[HOW TO COMPLETE THIS TASK]
Which lines below mention "more"? Pick each one out.

(Stored data entries)
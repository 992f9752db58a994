// The line of each outcome.
ghost use Rattle.std.specs.Prelude.{◌++◌, codes};
ghost use Rattle.lw_io.specs.Waitings.{IsTaken};
ghost use Rattle.lw_io.specs.Writers.{Writes};
ghost use Rattle.lw_top.specs.Words.{file_word};
ghost use Rattle.lw_top.specs.Commands.{asked};
ghost use Rattle.lw_top.specs.Reasons.{reason_text, no_verilog_text};
ghost use Rattle.lw_top.specs.Telling.{outcome_line, refusal_line, refusal_text};

use crate::outcome::Outcome;
use crate::reasons::{put_no_verilog, put_reason, verilog_kind_text};
use crate::refusal::{Refusal, Which};
use crate::words::{Command, file_word};
use lw_files::{put_broken, put_fault, put_two};
use lw_io::{Failed, Sink, Writer};
use lw_map::Reason;
use lw_verilog::NoVerilog;

/// Writes the line of an outcome to `err`, if it has one.
pub fn tell<E: Sink>(
    command: Option<Command<'_>>,
    outcome: &Outcome,
    err: &mut E,
) -> Result<(), Failed>
    ensures { IsTaken (E.taken err.old) (E.faults err.old) (E.taken err.new) (E.faults err.new)
        (outcome_line (asked command.entry) outcome.now) result }
{
    let mut out = Writer::new(err);
    put_outcome(command, outcome, &mut out);
    out.end()
}

// Writes the line of an outcome, and nothing if the answer was written.
fn put_outcome<E: Sink>(command: Option<Command<'_>>, outcome: &Outcome, out: &mut Writer<'_, E>)
    ensures { Writes E.taken E.faults out.old out.new
        (outcome_line (asked command.entry) outcome.now) }
{
    match outcome {
        Outcome::Done => out.put(b""),
        Outcome::WriteFault => out.put(b"lwmap: cannot write\n"),
        Outcome::Refused(refusal) => put_line(command, refusal, out),
    }
}

// Writes the line of a refusal, which begins with the program's name.
fn put_line<E: Sink>(command: Option<Command<'_>>, refusal: &Refusal, out: &mut Writer<'_, E>)
    ensures { Writes E.taken E.faults out.old out.new
        (refusal_line (asked command.entry) refusal.now) }
{
    out.put(b"lwmap: ");
    put_refusal(command, refusal, out);
    out.put(b"\n");
}

// Writes why there is no answer. A file is named by its word in the command.
fn put_refusal<E: Sink>(command: Option<Command<'_>>, refusal: &Refusal, out: &mut Writer<'_, E>)
    ensures { Writes E.taken E.faults out.old out.new
        (refusal_text (asked command.entry) refusal.now) }
{
    match refusal {
        Refusal::Words => out.put(USAGE),
        Refusal::Faulty(w, fault) => put_fault(out, file_word(command, *w), fault),
        Refusal::Verilog(n, kind) => put_broken(
            out,
            file_word(command, Which::Mapped),
            *n,
            verilog_kind_text(kind),
        ),
        Refusal::Vector(n) => put_broken(
            out,
            file_word(command, Which::Vectors),
            *n,
            b"bad vector",
        ),
        Refusal::Forms => out.put(b"limit: more than 2097152 forms"),
        Refusal::Splits => out.put(b"limit: more than 16777216 splits"),
        Refusal::NoCover(s) => put_two(out, b"no cover for output ", s.as_bytes()),
        Refusal::Points => out.put(b"limit: more than 8000000 points"),
        Refusal::No(reason) => put_no(out, reason),
        Refusal::NoVerilog(why) => put_unsaid(out, why),
        Refusal::Memory => out.put(b"out of memory"),
    }
}

// Writes why a check says no, after `no: `.
fn put_no<E: Sink>(out: &mut Writer<'_, E>, reason: &Reason)
    ensures { Writes E.taken E.faults out.old out.new (codes "no: " ++ reason_text reason.now) }
{
    out.put(b"no: ");
    put_reason(out, reason);
}

// Writes why there is no text in Verilog, after `no verilog: `.
fn put_unsaid<E: Sink>(out: &mut Writer<'_, E>, why: &NoVerilog)
    ensures { Writes E.taken E.faults out.old out.new
        (codes "no verilog: " ++ no_verilog_text why.now) }
{
    out.put(b"no verilog: ");
    put_no_verilog(out, why);
}

// The line for words of no written form.
const USAGE: &[u8] =
    b"usage: map [-w K] [-i] [-c] LIB IN | check [-w K] [-i] LIB IN MAPPED | time LIB MAPPED | sim IN VECTORS | sim -g LIB MAPPED VECTORS | graph [-w K] [-i] IN | big SEED N LIB | trade [-w K] [-i] T LIB IN | lut L [-w K] [-i] IN | verilog LIB MAPPED | unverilog LIB VER";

[RESPONSE FOR THIS EXERCISE]
        Refusal::Forms => out.put(b"limit: more than 2097152 forms"),
        Refusal::Splits => out.put(b"limit: more than 16777216 splits"),
        Refusal::Points => out.put(b"limit: more than 8000000 points"),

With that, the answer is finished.